Pics taken by Joshmele at various areas here in Japan.
Just thought i would post these up for him.


----------



## 763paf (Sep 18, 2004)

Nice car, and beautiful pics of it...


----------



## Bean (Oct 12, 2001)

Great pics!
Josh's car always looks sweet too :smokin:


----------



## Marky_GTSt (Dec 31, 2005)

Tip top, love the colour, love the whole package....

Mark.


----------



## Chou (Apr 18, 2005)

beautiful pictures, esp the last one


----------



## magneto (May 29, 2006)

*NICE WHEELS*

HI THERE DOES ANYONE KNOW WHAT TYPE THESE WHEELS ARE?

CHEERS MAG


----------



## Demon Dave (Sep 15, 2002)

very, very nice


----------



## tony1 (Dec 26, 2002)

great looking car,i think the wheels are works vsxx


----------



## Brendygtr (Jun 1, 2006)

amazin' r33, best of luck with her!


----------



## MADsteve (Nov 25, 2004)

Really stunning pics, and the R33 looks in incredibly good condition


----------



## jasonchiu (Mar 8, 2006)

that is so nice great photo and photography lol


----------



## hipogtr (Feb 17, 2002)

Top effort on the scenery - Josh's R really looks the part.

Cya O!


----------



## DCD (Jun 28, 2001)

Nice shots. I like the one with the train in the background


----------



## anthonymcgrath (Feb 22, 2005)

wow they're fantastic images - the last one is beautiful and just makes me want to move straight to japan!! best get on the phone to my agency!!

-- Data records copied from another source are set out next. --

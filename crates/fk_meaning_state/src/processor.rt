//! Processors, and their initial state.

ghost use Rattle.std.specs.Prelude.{◌≡◌, map, slice_index, IfOk};
ghost use Rattle.fk_meaning.specs.Schedule as run;
ghost use Rattle.fk_meaning.specs.Next.{Work};
ghost use Rattle.fk_meaning_state.specs.View.{setting_of, level_of, call_of, processor_of};
ghost use Rattle.fk_meaning_state.specs.View.{runner_of};

use crate::setting::Setting;
use fk_space::Space;
use std::alloc::{AllocError, Global};

/// The data of a member about its group.
#[derive(Clone, Copy)]
pub struct Level {
    /// `@`.
    pub number: u32,
    /// Its own `$`.
    pub rank: u32,
    /// The value of `groupsize()`.
    pub size: u32,
    pub space: Space,
}

/// The call of a function.
#[derive(Drop)]
pub struct Call {
    /// The value list, the last value at its end.
    pub values: Vec<u32>,
    /// Its private words. All words after these are 0.
    pub privates: Vec<u32>,
    /// The first word of the frame that was taken at each nesting; nesting 0 is that of the
    /// function.
    pub frames: Vec<u32>,
}

/// A processor.
#[derive(Drop)]
pub struct Processor {
    /// Its number, from 0.
    pub number: u32,
    /// Its level in the innermost group.
    pub level: Level,
    /// Its levels in the groups around it, the innermost at the end.
    pub outer: Vec<Level>,
    /// The running call.
    pub call: Call,
    /// The calls that wait for it, the last one at the end.
    pub callers: Vec<Call>,
    /// Its private variables of file scope.
    pub own: Vec<u32>,
    /// The number of words of its private heap that it has taken.
    pub top: u32,
}

impl Level {
    /// The level of a processor at the beginning: `@` is 0, `$` is its number, and the whole group
    /// space is available for a `start`.
    fn first(setting: Setting, number: u32) -> Level
        ensures { level_of result ≡ run.first_level (setting_of setting) number }
    {
        Level {
            number: 0,
            rank: number,
            size: setting.processors,
            space: setting.group_space(),
        }
    }
}

impl Call {
    /// The call of `main` at its beginning.
    fn first(alloc: Global) -> Call
        ensures { call_of result ≡ run.first_call }
    {
        Call {
            values: Vec::new(alloc),
            privates: Vec::new(alloc),
            frames: Vec::new(alloc),
        }
    }
}

impl Processor {
    /// A processor at the beginning of `main`, given the initial values of the private variables of
    /// file scope.
    pub fn first(
        alloc: Global,
        setting: Setting,
        firsts: &[u32],
        number: u32,
    ) -> Result<Processor, AllocError>
        ensures { IfOk result (λ processor. processor_of processor
            ≡ run.first_processor (setting_of setting) (slice_index firsts.now) number) }
    {
        Ok(Processor {
            number,
            level: Level::first(setting, number),
            outer: Vec::new(alloc),
            call: Call::first(alloc),
            callers: Vec::new(alloc),
            own: firsts.iter().copied().collect(alloc)?,
            top: 0,
        })
    }
}

/// All processors at the beginning of `main`, in the order of their numbers.
pub(crate) fn beginners(
    alloc: Global,
    setting: Setting,
    firsts: &[u32],
) -> Result<Vec<Processor>, AllocError>
    // This holds for whatever work all of them have left.
    ensures { IfOk result (λ processors. (left : Work) → map (runner_of left) processors.items
        ≡ run.beginners (setting_of setting) (slice_index firsts.now) left 0 setting.processors) }
{
    let mut processors = Vec::new(alloc);
    for number in 0..setting.processors {
        let processor = Processor::first(alloc, setting, firsts, number)?;
        processors.push(processor)?;
    }
    Ok(processors)
}
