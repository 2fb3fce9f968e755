//! The global heap as harts keep it: a control word that all share counts the words asked for, and
//! each hart notes when it has found the heap full.
//!
//! The definitions are in `specs/`, and the laws proved of them in `laws`.
#![tactic(auto)]

pub mod laws;
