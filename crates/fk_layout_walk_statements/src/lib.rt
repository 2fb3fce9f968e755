//! A walk over the code of statements, functions and texts, in its order.
//!
//! It takes no memory, and time linear in the tree.
#![tactic(auto)]

mod functions;
mod inside;
mod nested;
mod simple;
mod turns;
mod types;

pub use functions::{function, text};
pub use inside::Inside;
pub use nested::{statement, statements};
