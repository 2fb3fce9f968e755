//! The state of a run in memory, and the state before its first round.
#![tactic(auto)]

mod beginning;
mod processor;
mod setting;
mod state;

pub use beginning::opening;
pub use processor::{Call, Level, Processor};
pub use setting::Setting;
pub use state::State;
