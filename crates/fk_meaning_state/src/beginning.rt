//! The state before the first round of a program.

ghost use Rattle.std.specs.Prelude.{◌≡◌, ◌+◌, ◌^◌, ◌≤◌, length, vec_len, IfOk};
ghost use Rattle.fk_syntax.specs.ProgramView.{program_of};
ghost use Rattle.fk_meaning_store.specs.View.{processors_of};
ghost use Rattle.fk_layout.specs.Layout.{IsLayout};
ghost use Rattle.fk_meaning_state.specs.View.{state_of, store_in};
ghost use Rattle.fk_meaning_state.specs.Opening.{all_of_main, opening_of};

use crate::state::State;
use fk_layout::Layout;
use fk_syntax::{Facts, Program};
use std::alloc::{AllocError, Global};

/// The state before the first round of a program: `p` processors at the beginning of `main`. Shared
/// data has the globals and then the input numbers.
///
/// It takes 4 MiB for shared data, and for each processor 64 KiB for its private heap and a word
/// for each private variable of file scope. It fails only if there isn't enough memory.
pub fn opening(
    alloc: Global,
    program: &Program,
    facts: &Facts,
    layout: &Layout,
    input: &[u32],
    p: u32,
) -> Result<State, AllocError>
    requires laid { IsLayout (program_of program.now) facts.now layout.now }
    requires words { vec_len layout.now.words + length input.now ≤ 2 ^ 19 }
    requires some { 1 ≤ p }
    requires few { p ≤ 1024 }
    ensures opening { IfOk result (λ state.
        state_of (all_of_main (program_of program.now) facts.now) state
        ≡ opening_of (program_of program.now) facts.now input.now p) }
    ensures processors { IfOk result (λ state. processors_of (store_in state) ≡ p) }
{
    State::first(alloc, &layout.words, &layout.firsts, input, p)
}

hey just lookin at yer interior image - I love the silver/metal look - is that just sprayed up or trim or parts bought elsewhere? looks stunning anyhow


----------



## The Great One (May 14, 2003)

they are some nice pictures and nice car


----------



## hyrev (Apr 30, 2004)

Posted by DCD:


> Nice shots. I like the one with the train in the background






























I should have showed him how to use the burst mode
when i let him borrow my camera. None the less, I like
his photos and choices of scenery.


----------



## DCD (Jun 28, 2001)

Where is that hyrev? Around Hachioji?


----------



## gtrlux (Mar 8, 2006)

. . . why I have to wait until november to get back to the land of the rising sun!? . . . nice pictures, thanks for sharing some great emotions.

cheers 

Chris


----------



## hyrev (Apr 30, 2004)

DCD - i think it is around the Okutama area. We are really close to Okutama.
Makes me wanna go look for new spots to snap some pictures.


----------



## weav808 (Jun 20, 2004)

Nice!!! Josh's car has always been stunning. First american I meet in Japan with a GTR and not afraid to drive it!!! Hows those intersections coming Josh?


----------



## psd1 (May 15, 2004)

Makes me miss Japan!!!

Nice car and pics!


----------



## 2NI (Dec 18, 2005)

Nice pics...


----------



## JOSHMELE (Dec 27, 2004)

Wow! Thanks everyone for checking out my pics!

Yeah most of the pics were taken at the Okutama Mountains near my house (about 40 minutes)....and Hyrev's house........by the way thanks Paul for the use of your bad azz polaroid camera!
Okutama is the closest spot to my house that's popular for mountain drifting and grip driving for cars and bikes alike. Let me know if anyone wants to go. 

And another spot that I definitely want to hit this summer is the Izu Penninsula down in the Shimoda Beach area for an overnight road trip. I went there last summer with a bunch of friends and had a blast! We stayed at a Japanese Pension and barbequed in the front for dinner. 
I think it would be awesome to have a line-up of all our ridez for the weekend, take some nice pics on the white sandy beaches, and have some good eatin'. 
It won't be till later this summer around August or so.

 I had an awesome time with all you chaps at the Autobacs Dyna Pak Run...
I just about fell out laughing when Gio's Devil car blew over the exhaust-catch can! lol.

-Josh
*HyRev Mafia*


----------



## rizzee (May 30, 2006)

amazing pics..


----------



## gtrlux (Mar 8, 2006)

JOSHMELE said:


> Wow! Thanks everyone for checking out my pics!
> 
> Yeah most of the pics were taken at the Okutama Mountains near my house (about 40 minutes)....and Hyrev's house........by the way thanks Paul for the use of your bad azz polaroid camera!
> Okutama is the closest spot to my house that's popular for mountain drifting and grip driving for cars and bikes alike. Let me know if anyone wants to go.
> ...



Man I want to see more pictures of great cars with real japanese backgrounds . . . the highways and industrial sites can be seen on nearly every car picture of jap. cars in the presse . . . There are so many nice locations ,where you can developpe ideas for shooting in the rest of japan..


----------



## sexy gtr (Jul 17, 2005)

excellent scenery shots, equally matched with your GTR, keep those pictures coming


----------



## jamesskyline153 (May 16, 2006)

Those are nice Pics Josh.. love the 33 and the scenes


----------



## murano3 (Mar 23, 2005)

ace pics, lovely looking car


----------